### Brief
Below is a block of records. Copy every line in it that contains the word "IsInLeast".
* * * * * * * * *
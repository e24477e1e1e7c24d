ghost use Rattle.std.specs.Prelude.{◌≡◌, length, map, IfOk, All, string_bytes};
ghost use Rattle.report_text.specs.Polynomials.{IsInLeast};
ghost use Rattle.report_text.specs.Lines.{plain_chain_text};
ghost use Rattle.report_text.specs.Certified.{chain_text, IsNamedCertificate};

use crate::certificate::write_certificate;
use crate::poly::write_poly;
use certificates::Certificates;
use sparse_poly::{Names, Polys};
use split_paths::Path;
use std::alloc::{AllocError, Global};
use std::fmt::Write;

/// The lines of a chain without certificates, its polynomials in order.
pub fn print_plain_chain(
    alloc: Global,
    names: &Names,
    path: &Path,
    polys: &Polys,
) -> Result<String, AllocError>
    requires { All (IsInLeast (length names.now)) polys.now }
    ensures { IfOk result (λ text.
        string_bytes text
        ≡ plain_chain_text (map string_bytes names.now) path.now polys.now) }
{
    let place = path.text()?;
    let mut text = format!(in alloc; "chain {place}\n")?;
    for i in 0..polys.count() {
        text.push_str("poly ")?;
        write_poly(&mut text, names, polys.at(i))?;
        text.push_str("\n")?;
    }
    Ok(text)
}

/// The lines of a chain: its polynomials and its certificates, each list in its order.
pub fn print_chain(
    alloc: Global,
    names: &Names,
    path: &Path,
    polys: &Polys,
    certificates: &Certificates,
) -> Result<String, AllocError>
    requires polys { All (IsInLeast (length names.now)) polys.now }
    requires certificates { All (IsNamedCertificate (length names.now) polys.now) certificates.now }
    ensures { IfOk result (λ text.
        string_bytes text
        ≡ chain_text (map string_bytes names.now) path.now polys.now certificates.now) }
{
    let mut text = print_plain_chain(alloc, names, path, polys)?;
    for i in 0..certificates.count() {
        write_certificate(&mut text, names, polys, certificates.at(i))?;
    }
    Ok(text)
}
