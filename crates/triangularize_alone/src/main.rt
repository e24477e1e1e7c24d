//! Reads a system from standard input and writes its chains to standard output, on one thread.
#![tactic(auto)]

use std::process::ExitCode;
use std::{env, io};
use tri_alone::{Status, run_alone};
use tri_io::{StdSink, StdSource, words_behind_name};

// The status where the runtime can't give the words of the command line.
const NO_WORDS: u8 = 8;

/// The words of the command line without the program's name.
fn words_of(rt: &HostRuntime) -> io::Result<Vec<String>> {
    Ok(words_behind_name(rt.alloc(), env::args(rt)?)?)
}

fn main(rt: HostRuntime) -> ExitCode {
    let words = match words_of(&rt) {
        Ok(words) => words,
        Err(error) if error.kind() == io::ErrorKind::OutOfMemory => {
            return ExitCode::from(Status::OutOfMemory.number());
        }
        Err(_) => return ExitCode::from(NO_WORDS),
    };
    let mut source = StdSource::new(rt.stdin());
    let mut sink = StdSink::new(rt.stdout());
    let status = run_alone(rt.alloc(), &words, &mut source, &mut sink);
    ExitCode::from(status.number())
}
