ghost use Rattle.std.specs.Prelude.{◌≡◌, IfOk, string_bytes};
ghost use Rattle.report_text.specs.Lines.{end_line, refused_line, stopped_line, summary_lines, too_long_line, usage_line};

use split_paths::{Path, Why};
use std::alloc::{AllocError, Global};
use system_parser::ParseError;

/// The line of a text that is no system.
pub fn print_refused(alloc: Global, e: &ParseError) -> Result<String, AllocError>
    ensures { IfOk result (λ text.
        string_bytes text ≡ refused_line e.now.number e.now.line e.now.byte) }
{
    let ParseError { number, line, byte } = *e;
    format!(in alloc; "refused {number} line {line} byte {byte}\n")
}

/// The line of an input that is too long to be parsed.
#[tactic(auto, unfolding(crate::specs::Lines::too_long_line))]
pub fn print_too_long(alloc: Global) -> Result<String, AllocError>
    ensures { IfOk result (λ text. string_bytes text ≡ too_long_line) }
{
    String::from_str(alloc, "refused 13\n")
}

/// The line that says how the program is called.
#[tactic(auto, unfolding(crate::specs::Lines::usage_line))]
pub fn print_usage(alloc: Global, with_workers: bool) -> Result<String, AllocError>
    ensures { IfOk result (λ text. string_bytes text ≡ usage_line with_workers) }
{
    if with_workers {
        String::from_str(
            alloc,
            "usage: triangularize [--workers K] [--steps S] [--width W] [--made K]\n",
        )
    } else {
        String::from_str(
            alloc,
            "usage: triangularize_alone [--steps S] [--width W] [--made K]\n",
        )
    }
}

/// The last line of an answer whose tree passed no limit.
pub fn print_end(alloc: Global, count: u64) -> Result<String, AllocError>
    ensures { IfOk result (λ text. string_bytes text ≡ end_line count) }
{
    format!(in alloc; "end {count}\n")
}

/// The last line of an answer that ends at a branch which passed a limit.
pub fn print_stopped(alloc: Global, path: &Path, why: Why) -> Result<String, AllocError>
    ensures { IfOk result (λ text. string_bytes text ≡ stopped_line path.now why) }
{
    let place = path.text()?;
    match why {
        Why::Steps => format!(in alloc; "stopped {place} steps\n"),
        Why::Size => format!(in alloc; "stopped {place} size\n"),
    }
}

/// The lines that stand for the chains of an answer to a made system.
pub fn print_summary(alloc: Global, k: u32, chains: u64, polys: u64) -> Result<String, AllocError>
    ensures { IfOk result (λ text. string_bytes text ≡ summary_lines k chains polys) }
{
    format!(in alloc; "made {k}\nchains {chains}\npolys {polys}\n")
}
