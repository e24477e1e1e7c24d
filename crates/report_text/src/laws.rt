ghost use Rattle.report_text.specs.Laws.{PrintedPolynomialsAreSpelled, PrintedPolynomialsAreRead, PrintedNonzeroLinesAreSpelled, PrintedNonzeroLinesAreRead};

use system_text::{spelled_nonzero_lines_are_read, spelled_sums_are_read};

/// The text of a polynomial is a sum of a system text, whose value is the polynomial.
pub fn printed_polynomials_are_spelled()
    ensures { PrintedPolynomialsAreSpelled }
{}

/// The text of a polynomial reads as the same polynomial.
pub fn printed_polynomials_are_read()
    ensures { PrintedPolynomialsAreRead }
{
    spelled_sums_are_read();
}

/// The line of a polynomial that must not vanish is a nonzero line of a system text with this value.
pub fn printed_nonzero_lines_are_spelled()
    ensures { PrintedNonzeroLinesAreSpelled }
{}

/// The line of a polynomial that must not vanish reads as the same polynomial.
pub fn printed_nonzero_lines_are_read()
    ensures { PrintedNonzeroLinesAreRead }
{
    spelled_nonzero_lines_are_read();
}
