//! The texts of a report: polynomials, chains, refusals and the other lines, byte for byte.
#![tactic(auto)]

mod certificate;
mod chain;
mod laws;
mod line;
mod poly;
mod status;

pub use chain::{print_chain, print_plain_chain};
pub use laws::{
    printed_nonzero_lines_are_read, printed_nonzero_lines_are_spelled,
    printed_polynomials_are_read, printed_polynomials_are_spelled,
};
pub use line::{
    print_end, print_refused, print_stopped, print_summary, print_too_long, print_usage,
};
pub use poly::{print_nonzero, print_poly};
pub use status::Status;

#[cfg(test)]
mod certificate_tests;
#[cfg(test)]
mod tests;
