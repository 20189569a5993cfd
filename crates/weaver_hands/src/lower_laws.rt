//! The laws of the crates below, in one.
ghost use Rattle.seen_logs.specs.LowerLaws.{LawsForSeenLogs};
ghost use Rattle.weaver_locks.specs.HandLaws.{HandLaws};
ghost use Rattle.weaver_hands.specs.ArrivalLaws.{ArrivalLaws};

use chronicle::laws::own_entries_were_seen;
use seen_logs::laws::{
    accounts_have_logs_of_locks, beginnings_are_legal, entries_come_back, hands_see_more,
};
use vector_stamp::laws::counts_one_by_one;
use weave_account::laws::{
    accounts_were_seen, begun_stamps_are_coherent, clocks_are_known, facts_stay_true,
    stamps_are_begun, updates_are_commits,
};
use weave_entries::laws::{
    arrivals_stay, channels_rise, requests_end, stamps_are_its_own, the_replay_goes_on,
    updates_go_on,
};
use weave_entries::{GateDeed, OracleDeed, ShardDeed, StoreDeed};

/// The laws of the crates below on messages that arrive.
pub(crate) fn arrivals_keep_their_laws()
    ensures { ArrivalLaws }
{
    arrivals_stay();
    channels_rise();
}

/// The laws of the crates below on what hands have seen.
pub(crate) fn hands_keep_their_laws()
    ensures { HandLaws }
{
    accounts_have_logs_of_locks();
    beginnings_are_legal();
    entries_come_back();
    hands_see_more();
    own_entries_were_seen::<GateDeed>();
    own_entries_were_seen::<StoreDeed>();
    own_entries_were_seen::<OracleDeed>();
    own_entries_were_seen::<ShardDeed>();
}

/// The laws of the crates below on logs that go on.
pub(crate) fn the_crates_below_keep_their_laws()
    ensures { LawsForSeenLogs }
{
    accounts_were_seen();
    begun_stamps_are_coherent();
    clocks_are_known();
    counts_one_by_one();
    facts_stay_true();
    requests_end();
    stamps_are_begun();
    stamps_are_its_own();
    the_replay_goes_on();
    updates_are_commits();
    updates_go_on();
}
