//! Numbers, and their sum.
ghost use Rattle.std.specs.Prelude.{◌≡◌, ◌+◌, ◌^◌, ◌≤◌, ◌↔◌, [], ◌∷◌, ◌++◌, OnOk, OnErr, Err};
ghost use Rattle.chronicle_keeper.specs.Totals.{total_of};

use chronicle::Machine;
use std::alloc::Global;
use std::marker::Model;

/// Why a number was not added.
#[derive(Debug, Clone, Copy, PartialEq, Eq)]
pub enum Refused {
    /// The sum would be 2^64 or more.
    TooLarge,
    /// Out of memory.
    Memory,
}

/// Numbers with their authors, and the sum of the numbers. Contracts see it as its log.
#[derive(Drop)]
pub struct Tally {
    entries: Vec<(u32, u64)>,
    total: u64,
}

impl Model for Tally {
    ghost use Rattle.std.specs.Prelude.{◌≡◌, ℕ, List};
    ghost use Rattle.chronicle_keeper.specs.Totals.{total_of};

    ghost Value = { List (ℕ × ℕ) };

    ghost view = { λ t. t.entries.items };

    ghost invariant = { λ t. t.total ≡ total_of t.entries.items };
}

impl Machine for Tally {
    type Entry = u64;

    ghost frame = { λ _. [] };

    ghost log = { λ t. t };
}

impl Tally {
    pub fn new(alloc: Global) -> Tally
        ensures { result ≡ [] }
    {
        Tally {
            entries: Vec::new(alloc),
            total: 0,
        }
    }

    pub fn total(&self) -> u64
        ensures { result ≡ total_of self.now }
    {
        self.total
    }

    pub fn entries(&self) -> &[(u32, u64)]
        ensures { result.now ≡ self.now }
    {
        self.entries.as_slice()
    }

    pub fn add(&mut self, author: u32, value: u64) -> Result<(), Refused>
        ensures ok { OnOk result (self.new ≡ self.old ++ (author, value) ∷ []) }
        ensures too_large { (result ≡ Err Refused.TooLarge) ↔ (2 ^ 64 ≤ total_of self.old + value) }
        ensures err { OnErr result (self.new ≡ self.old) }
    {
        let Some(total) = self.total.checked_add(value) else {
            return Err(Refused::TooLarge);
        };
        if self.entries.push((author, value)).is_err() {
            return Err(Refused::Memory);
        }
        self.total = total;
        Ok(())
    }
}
* * * * * * * * *
### Exercise result
ghost use Rattle.report_text.specs.Polynomials.{IsInLeast};
    requires { All (IsInLeast (length names.now)) polys.now }
    requires polys { All (IsInLeast (length names.now)) polys.now }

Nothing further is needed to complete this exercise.